Lesson: Match Your Class Definition to the Advertising Campaign

On June 17, 2010, the California Supreme Court denied the petition for review and request for depublication in Pfizer, Inc. v. Superior Court, 182 Cal. App. 4th 622 (2d Dist., 2010). Accordingly, this important post-Tobacco II appellate opinion remains good authority.  Pfizer provides a cautionary tale of attempting to certify too broad a class. The lesson here is to tailor your proposed class definition to the scope and manner in which the alleged misrepresentations were made. 

In Pfizer, a consumer sued a mouthwash manufacturer pursuant to the unfair competition law (UCL) (Bus. & Prof. Code, § 17200 et seq.) and the false advertising law (Bus. & Prof. Code, § 17500 et seq.). The consumer alleged the manufacturer marketed its mouthwash in a misleading manner by representing the use of mouthwash could replace the use of dental floss in reducing plaque and gingivitis.

The trial court certified a class of "all persons who purchased Listerine, in California, from June 2004 through January 7, 2005." The Court of Appeal granted Pfizer's petition for writ of mandate, concluding the trial court's class definition was overbroad. The Supreme Court granted review. On August 19, 2009, the Supreme Court transferred the matter back to the Court of Appeal with directions to vacate the decision and reconsider the matter in light of In re Tobacco II Cases (2009) 46 Cal.4th 298 [93 Cal.Rptr.3d 559, 207 P.3d 20] (Tobacco II). Having done so, The Court of Appeal again concluded the class definition is overbroad and granted Pfizer's petition.  

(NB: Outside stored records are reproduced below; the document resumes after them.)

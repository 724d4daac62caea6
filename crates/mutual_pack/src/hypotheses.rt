//! Types of motives and of hypotheses.
ghost use Rattle.std.specs.Prelude.{◌≡◌, ◌≤◌, ◌<◌, ◌+◌, Ok, length, map};
ghost use Rattle.core_terms.specs.Answers.{Gives};
ghost use Rattle.core_terms.specs.Meanings.{tree_of};
ghost use Rattle.core_sig.specs.Shapes.{argument_shape};
ghost use Rattle.mutual_pack.specs.Fitting.{IsNear};
ghost use Rattle.mutual_pack.specs.Inductions as spec;

use crate::packed_family::PackedFamily;
use core_sig::{Arg, ArgKind};
use core_terms::{MAX_HEIGHT, Run, Stop, Term, applied_to_run, copy_whole, place, variable};
use std::alloc::Global;

/// `Mk p`, for member k, counted from 0, at a depth.
pub fn member_type(alloc: Global, q: PackedFamily, k: u32, depth: u32) -> Result<Term, Stop>
    requires near { IsNear q }
    requires member { k < 2000 }
    ensures { Gives tree_of result (Ok (spec.member_type q k depth)) }
{
    applied_to_run(alloc, Term::Const(q.tag + 2 + k), depth, 0, q.params)
}

/// The motive of member k, at a depth.
pub fn motive(q: PackedFamily, k: u32, depth: u32) -> Term
    ensures { tree_of result ≡ spec.motive q k depth }
{
    let level = q.params as u64 + k as u64;
    Term::Var((depth as u64).saturating_sub(level + 1) as u32)
}

/// The member i of a type `S p ti`.
pub fn member_in(t: &Term) -> u32
    ensures { result ≡ spec.member_in (tree_of t.now) }
{
    match t {
        Term::App(_, tag) => constructor_in(tag),
        _ => 0,
    }
}

fn constructor_in(t: &Term) -> u32
    ensures { result ≡ spec.constructor_in (tree_of t.now) }
{
    match t {
        Term::Con(_, i) => *i,
        _ => 0,
    }
}

/// The argument with the level `r` at inner arguments, whose levels begin with `start`.
pub fn at_inner(alloc: Global, r: u32, start: u32, depth: u32) -> Result<Term, Stop>
    requires start { start ≤ 1000000 }
    requires depth { depth ≤ 1000000 }
    ensures { Gives tree_of result (Ok (spec.at_inner r start depth)) }
{
    let count = depth.saturating_sub(start);
    applied_to_run(alloc, variable(depth, r), depth, start, count)
}

/// The hypothesis for the argument with the level `r`, of the type `ty` with `count` inner arguments, at a depth.
fn hypothesis_from(
    alloc: Global,
    q: PackedFamily,
    runs: &[Run],
    size: u32,
    depth: u32,
    r: u32,
    start: u32,
    count: u32,
    ty: &Term,
) -> Result<Term, Stop>
    requires size { size + count ≤ 1000000 }
    requires depth { depth + count ≤ 1000000 }
    requires start { start ≤ 1000000 }
    ensures { Gives tree_of result (Ok (spec.hypothesis_from q runs.now size depth r start count (tree_of ty.now))) }
{
    match ty {
        Term::Pi(a, b) if count > 0 => {
            let a = place(alloc, runs, size, depth, a)?;
            let b = hypothesis_from(alloc, q, runs, size + 1, depth + 1, r, start, count - 1, b)?;
            Term::new_pi(alloc, a, b)
        }
        _ => {
            let argument = at_inner(alloc, r, start, depth)?;
            Term::new_app(alloc, motive(q, member_in(ty), depth), argument)
        }
    }
}

/// The hypothesis for argument `at` of a constructor whose arguments' levels begin with `first`, at a depth. A type with more than 2,000
/// inner arguments stays as it is.
fn hypothesis_type(
    alloc: Global,
    q: PackedFamily,
    first: u32,
    at: u32,
    depth: u32,
    count: u32,
    ty: &Term,
) -> Result<Term, Stop>
    requires near { IsNear q }
    requires first { first ≤ 100000 }
    requires at { at ≤ 2000 }
    requires depth { depth ≤ 100000 }
    ensures { Gives tree_of result (Ok (spec.hypothesis_type q first at depth count (tree_of ty.now))) }
{
    if count > MAX_HEIGHT {
        return copy_whole(alloc, ty);
    }
    let runs = [(0, q.params), (first, at), (depth, count)];
    let size = q.params + at;
    hypothesis_from(alloc, q, &runs, size, depth, first + at, depth, count, ty)
}

/// Binds the hypotheses for arguments after `at` others around `end`, at a depth.
pub fn hypotheses_over(
    alloc: Global,
    q: PackedFamily,
    first: u32,
    at: u32,
    depth: u32,
    args: &[Arg],
    end: Term,
) -> Result<Term, Stop>
    requires near { IsNear q }
    requires first { first ≤ 100000 }
    requires at { at + length args.now ≤ 2000 }
    requires depth { depth + length args.now ≤ 100000 }
    ensures { Gives tree_of result (Ok (spec.hypotheses_over q first at depth (map argument_shape args.now) (tree_of end))) }
{
    match args {
        [] => Ok(end),
        [arg, rest @ ..] => match arg.kind {
            ArgKind::Plain => hypotheses_over(alloc, q, first, at + 1, depth, rest, end),
            ArgKind::Recursive(count) => {
                let end = hypotheses_over(alloc, q, first, at + 1, depth + 1, rest, end);
                let domain = hypothesis_type(alloc, q, first, at, depth, count, &arg.ty);
                Term::product_of(alloc, domain, end)
            }
        },
    }
}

In reaching its decision, the Court of Appeal noted that with respect to the remedy of restitutionary disgorgement, Tobacco II holds:

"[T]he language of section 17203 with respect to those entitled to restitution--'to restore to any person in interest any money or property, real or personal, which may have been acquired' (italics added) by means of the unfair practice--is patently less stringent than the standing requirement for the class representative--'a person who has suffered injury in fact and has lost money or property as a result of the unfair competition.' (§ 17204, italics added.) This language, construed in light of the 'concern that wrongdoers not retain the benefits of their misconduct' [citation] has led courts repeatedly and consistently to hold that relief under the UCL is available without individualized proof of deception, reliance and injury. [***16] [Citations.]" (Tobacco II, supra, 46 Cal.4th at p. 320.)”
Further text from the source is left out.